*** Block opens ***
impl<B: Positioned + Drop> Twin<B> {
    /// The pages of a file, which nothing else writes from now on, and which is durable. All memory is taken here.
    /// `fresh` says that it is going to be written anew, whatever is in it.
    pub fn over(alloc: Global, file: B, fresh: bool) -> Result<Twin<B>, AllocError>
        requires { (p : ℕ) → TwinRests (B.state file) p }
        ensures file { IfOk result (λ twin. twin.file ≡ file) }
        ensures fresh { IfOk result (λ twin. twin.fresh ≡ fresh) }
        ensures rests { IfOk result (λ twin. (p : ℕ) → (⟦<Twin<B> as PageStore>⟧.rests twin p)) }
    {
        Ok(Twin {
            file,
            fresh,
            versions: Versions::new(alloc)?,
            faults: 0,
            pairs: zeros(alloc, ROW_BYTES)?,
            bench: Bench {
                places: zeros(alloc, PAIR_BYTES)?,
            },
        })
    }

    /// The file.
    pub fn into_file(self) -> B
        ensures { result ≡ self.file }
    {
        self.file
    }

    // Counts a fault.
    fn failed(&mut self) -> Failed
        ensures file { self.new.file ≡ self.old.file }
        ensures fresh { self.new.fresh ≡ self.old.fresh }
        ensures cause { Rose self.old.faults self.new.faults }
    {
        self.faults = self.faults.saturating_add(1);
        Failed
    }

    // Reads some pages, and shows their cells from a place on.
    fn show_row(
        &mut self,
        first: u64,
        count: usize,
        into: &mut [u8],
        to: usize,
    ) -> Result<bool, Failed>
        requires place { first + count ≤ 349526 }
        requires count { count ≤ 32 }
        requires into { to + 3168 * count ≤ length into.old }
        ensures keeps { KeepsBytes (B.state self.old.file) (B.state self.new.file) }
        ensures fresh { self.new.fresh ≡ self.old.fresh }
        ensures faults { self.new.faults ≡ self.old.faults }
        ensures len { length into.new ≡ length into.old }
        ensures areas { IfOk result (λ all. IsTrue all → IsTrue (B.state self.old.file).tells
            → HasReadPairs (B.state self.old.file).bytes first count self.new.pairs.items
            × HasTwinAreas self.new.pairs.items first count to into.old into.new) }
        ensures told { IfOk result (λ all. IsTrue all → IsFalse self.old.fresh
            → HasTwinsTold self.new.pairs.items first count) }
    {
        read_pairs(&mut self.file, first, count, &mut self.pairs)?;
        let fresh = self.fresh;
        Ok(open_row(
            &self.pairs,
            first,
            count,
            fresh,
            &mut self.versions,
            into,
            to,
        ))
    }

    // Puts some pages.
    fn put_row(&mut self, first: u64, count: usize, areas: &[u8]) -> Result<(), Failed>
        requires place { first + count ≤ 349526 }
        requires count { count ≤ 32 }
        requires areas { 3168 * count ≤ length areas.now }
        ensures keeps { KeepsDurable (B.state self.old.file) (B.state self.new.file) }
        ensures faults { self.new.faults ≡ self.old.faults }
        ensures writes { IsTrue (B.state self.old.file).tells
            → WritesTwins (B.state self.old.file).bytes (B.state self.new.file).bytes first count areas.now }
        ensures twins { OnOk result (IsTrue (B.state self.old.file).tells
            → HasTwins (B.state self.old.file).bytes (B.state self.new.file).bytes first count areas.now) }
    {
        learn(
            &mut self.file,
            first,
            count,
            &mut self.pairs,
            &mut self.versions,
        )?;
        put_all(
            &mut self.file,
            &mut self.versions,
            &mut self.bench,
            first,
            count,
            areas,
        )
    }
}
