//! A page of 4,096 bytes: a magic, its number, a sum, and three cells behind them.
//!
//! Promise: the bytes of a page's cells are shown only where its magic, its number and its sum are right.
//!
//! | Bytes | What |
//! |---|---|
//! | 0..8 | "NoFSpage" |
//! | 8..16 | its number, so that a write that went to another place is found |
//! | 16..24 | XXH64 of the bytes 928..4096, with its number as the seed |
//! | 24..928 | zeros, which nobody looks at |
//! | 928..4096 | three cells |
ghost use Rattle.std.specs.Prelude.{◌≡◌, ◌==◌, ◌+◌, ◌*◌, ◌-◌, ◌/◌, ◌%◌, ◌<◌, ◌≤◌, ◌^◌, ℕ, IsFalse, IsTrue, length};
ghost use Rattle.std.specs.Prelude.{slice_range};
ghost use Rattle.std.specs.List.{list_all};
ghost use Rattle.nofs_disk.specs.Number.{put_bytes, zeros};
ghost use Rattle.nofs_pages.specs.Pages.{HasAreas, HasPages, HasTold, IsBlank, IsTold, area_of, is_made, is_page};
ghost use Rattle.nofs_pages.specs.Pages.{sealed, signed};

use crate::sum::sum_of;
use nofs_disk::{clear, read_u64_at, write_bytes_at, write_u64_at};

/// How many bytes a page has.
pub const PAGE_BYTES: usize = 4_096;

/// Where its cells begin.
pub const AREA_AT: usize = 928;

/// How many bytes its cells have.
pub const AREA_BYTES: usize = 3_168;

/// "NoFSpage" as a number.
pub const MAGIC: u64 = 0x6567_6170_5346_6f4e;

/// Whether these bytes begin with a magic and a number, and their sum is that of what stands from a place on.
#[tactic(auto, unfolding(crate::specs::Pages::is_made))]
pub fn is_made(magic: u64, at: usize, page: &[u8], number: u64) -> bool
    requires page { length page.now ≡ 4096 }
    requires at { at ≤ 4096 }
    ensures { result ≡ is_made magic at number page.now }
{
    read_u64_at(page, 0) == magic
        && read_u64_at(page, 8) == number
        && read_u64_at(page, 16) == sum_of(&page[at..PAGE_BYTES], number)
}

/// Whether these bytes are the page with a number.
pub fn is_page(page: &[u8], number: u64) -> bool
    requires { length page.now ≡ 4096 }
    ensures { result ≡ is_page number page.now }
{
    is_made(MAGIC, AREA_AT, page, number)
}

// Clears what a page has before a place.
#[tactic(auto, unfolding(nofs_disk::specs::Number::put_bytes))]
fn clear_front(page: &mut [u8], at: usize)
    requires { at ≤ length page.old }
    ensures { page.new ≡ put_bytes 0 (zeros at) page.old }
{
    clear(&mut page[0..at]);
}

/// Puts some bytes at the end of a page, from a place on, with zeros before them.
pub fn lay(page: &mut [u8], at: usize, body: &[u8])
    requires body { at + length body.now ≡ 4096 }
    requires page { length page.old ≡ 4096 }
    ensures { page.new ≡ put_bytes at body.now (zeros 4096) }
{
    clear_front(page, at);
    write_bytes_at(page, at, body);
}

/// Puts a magic, a number and the sum of what stands from a place on at the beginning of a page.
#[tactic(auto, unfolding(crate::specs::Pages::signed))]
pub fn sign(magic: u64, at: usize, number: u64, page: &mut [u8])
    requires at { at ≤ 4096 }
    requires page { length page.old ≡ 4096 }
    ensures { page.new ≡ signed magic at number page.old }
{
    let sum = sum_of(&page[at..PAGE_BYTES], number);
    write_u64_at(page, 0, magic);
    write_u64_at(page, 8, number);
    write_u64_at(page, 16, sum);
}

// Makes the page with a number and these cells.
fn seal(number: u64, area: &[u8], page: &mut [u8])
    requires area { length area.now ≡ 3168 }
    requires page { length page.old ≡ 4096 }
    ensures { page.new ≡ sealed number area.now }
{
    lay(page, AREA_AT, area);
    sign(MAGIC, AREA_AT, number, page);
}

/// Whether all bytes are zeros. Their bits are joined up to the end, which LLVM does for many bytes at once; to stop at
/// the first other one it looks at each.
pub fn is_blank(page: &[u8]) -> bool
    ensures value { result ≡ list_all (λ byte. byte == 0) page.now }
    ensures blank { IsTrue result → IsBlank page.now }
{
    let mut joined = 0u8;
    for byte in page {
        joined |= *byte;
    }
    joined == 0
}

/// Clears the cells of a page at a place.
#[tactic(auto, unfolding(nofs_disk::specs::Number::put_bytes))]
pub fn clear_area(into: &mut [u8], at: usize)
    requires { at + 3168 ≤ length into.old }
    ensures { into.new ≡ put_bytes at (zeros 3168) into.old }
{
    clear(&mut into[at..at + AREA_BYTES]);
}

// Shows the cells of one of several pages. One that is neither the page with its number nor blank shows zeros where it
// is going to be written over, else it can't be told.
fn open_one(raw: &[u8], from: usize, number: u64, fresh: bool, into: &mut [u8], to: usize) -> bool
    requires raw { from + 4096 ≤ length raw.now }
    requires into { to + 3168 ≤ length into.old }
    ensures len { length into.new ≡ length into.old }
    ensures area { IsTrue result
        → into.new ≡ put_bytes to (area_of number (slice_range raw.now from (from + 4096))) into.old }
    ensures told { IsTrue result → IsFalse fresh → IsTold number (slice_range raw.now from (from + 4096)) }
{
    let page = &raw[from..from + PAGE_BYTES];
    if is_page(page, number) {
        write_bytes_at(into, to, &page[AREA_AT..PAGE_BYTES]);
        return true;
    }
    clear_area(into, to);
    fresh || is_blank(page)
}

/// Shows the cells of some pages, the first of which has a number, from a place on; where one can't be told, of those
/// before it alone.
pub fn open_pages(
    raw: &[u8],
    first: u64,
    count: usize,
    fresh: bool,
    into: &mut [u8],
    to: usize,
) -> bool
    requires raw { 4096 * count ≤ length raw.now }
    requires into { to + 3168 * count ≤ length into.old }
    requires number { first + count < 2 ^ 60 }
    ensures len { length into.new ≡ length into.old }
    ensures areas { IsTrue result → HasAreas raw.now first count to into.old into.new }
    ensures told { IsTrue result → IsFalse fresh → HasTold raw.now first count }
{
    for at in 0..count {
        if !open_one(
            raw,
            PAGE_BYTES * at,
            first + at as u64,
            fresh,
            into,
            to + AREA_BYTES * at,
        ) {
            return false;
        }
    }
    true
}

// Makes one of several pages.
fn seal_one(area: &[u8], from: usize, number: u64, raw: &mut [u8], to: usize)
    requires area { from + 3168 ≤ length area.now }
    requires raw { to + 4096 ≤ length raw.old }
    ensures { raw.new ≡ put_bytes to (sealed number (slice_range area.now from (from + 3168))) raw.old }
{
    seal(
        number,
        &area[from..from + AREA_BYTES],
        &mut raw[to..to + PAGE_BYTES],
    );
}

/// Makes some pages of their cells; the first has a number.
pub fn seal_pages(areas: &[u8], first: u64, count: usize, raw: &mut [u8])
    requires areas { 3168 * count ≤ length areas.now }
    requires raw { 4096 * count ≤ length raw.old }
    requires number { first + count < 2 ^ 60 }
    ensures len { length raw.new ≡ length raw.old }
    ensures pages { HasPages areas.now first count raw.new }
{
    for at in 0..count {
        seal_one(
            areas,
            AREA_BYTES * at,
            first + at as u64,
            raw,
            PAGE_BYTES * at,
        );
    }
}
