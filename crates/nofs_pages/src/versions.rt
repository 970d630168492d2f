//! The next versions of pages, as far as they are known.
//!
//! Promise: what is noted of a page is there until it is taken. It takes no memory but at first, room of eight bytes a
//! page, and writes to it as far as the last page that was noted.
ghost use Rattle.std.specs.Prelude.{◌≡◌, ◌≢◌, ◌⊎◌, ◌+◌, ◌<◌, ◌≤◌, ℕ, IfOk, IsTrue, length, max, slice_index};
ghost use Rattle.std.specs.Prelude.{vec_capacity};

use crate::put_pages::ALL_PAGES;
use std::alloc::{AllocError, Global};

/// The next versions of pages.
#[derive(Drop)]
pub struct Versions {
    // Of each page the next version, or 0 where it is not known; 0 of those behind.
    next: Vec<u64>,
    ghost room: { 349526 ≤ vec_capacity next },
    ghost within: { length next.items ≤ 349526 },
}

// Adds zeros up to a page, where there is room.
fn reach(next: &mut Vec<u64>, end: usize)
    requires { end ≤ vec_capacity next.old }
    ensures len { length next.new.items ≡ max (length next.old.items) end }
    ensures kept { (p : ℕ) → slice_index next.new.items p ≡ slice_index next.old.items p }
    ensures room { vec_capacity next.old ≤ vec_capacity next.new }
{
    if next.len() < end {
        next.resize(end, 0).unwrap();
    }
}

impl Versions {
    ghost use Rattle.nofs_pages.specs.Twins.{NextsTouch};

    /// None is known. All memory is taken here.
    pub fn new(alloc: Global) -> Result<Versions, AllocError>
        ensures { IfOk result (λ versions. (p : ℕ) → slice_index versions.next.items p ≡ 0) }
    {
        Ok(Versions {
            next: Vec::with_capacity(alloc, ALL_PAGES)?,
        })
    }

    /// Whether those of some pages are all known.
    pub fn has_all(&self, first: u64, count: usize) -> bool
        requires { first + count ≤ 349526 }
        ensures { IsTrue result → (p : ℕ) → first ≤ p → p < first + count → 0 < slice_index self.now.next.items p }
    {
        let first = first as usize;
        for at in first..first + count {
            if at >= self.next.len() || self.next[at] == 0 {
                return false;
            }
        }
        true
    }

    /// Whether the next places of a page and of the one behind it are known to touch: then the first one's next version
    /// is odd, and the other one's is even.
    pub fn touch(&self, page: u64) -> bool
        requires { page + 1 < 349526 }
        ensures { IsTrue result → NextsTouch self.now page }
    {
        let at = page as usize;
        if at + 1 >= self.next.len() {
            return false;
        }
        let (one, two) = (self.next[at], self.next[at + 1]);
        one % 2 == 1 && two != 0 && two % 2 == 0
    }

    /// Notes the next version of a page that has a version. One that has no next is not known.
    pub fn note(&mut self, page: u64, version: u64)
        requires { page < 349526 }
        ensures here { (slice_index self.new.next.items page ≡ version + 1)
            ⊎ (slice_index self.new.next.items page ≡ 0) }
        ensures others { (p : ℕ) → p ≢ page → slice_index self.new.next.items p ≡ slice_index self.old.next.items p }
    {
        let at = page as usize;
        reach(&mut self.next, at + 1);
        self.next[at] = version.checked_add(1).unwrap_or(0);
    }

    /// Answers the next version of a page, 0 where it is not known, and forgets it.
    pub fn take(&mut self, page: u64) -> u64
        requires { page < 349526 }
        ensures result { result ≡ slice_index self.old.next.items page }
        ensures here { slice_index self.new.next.items page ≡ 0 }
        ensures others { (p : ℕ) → p ≢ page → slice_index self.new.next.items p ≡ slice_index self.old.next.items p }
    {
        let at = page as usize;
        reach(&mut self.next, at + 1);
        let next = self.next[at];
        self.next[at] = 0;
        next
    }
}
*** Block closes ***
= TASK DETAILS =
For the string "HasTold", find every line of the material that contains it, and copy each one.

= WRITTEN ANSWER =
ghost use Rattle.nofs_pages.specs.Pages.{HasAreas, HasPages, HasTold, IsBlank, IsTold, area_of, is_made, is_page};
    ensures told { IsTrue result → IsFalse fresh → HasTold raw.now first count }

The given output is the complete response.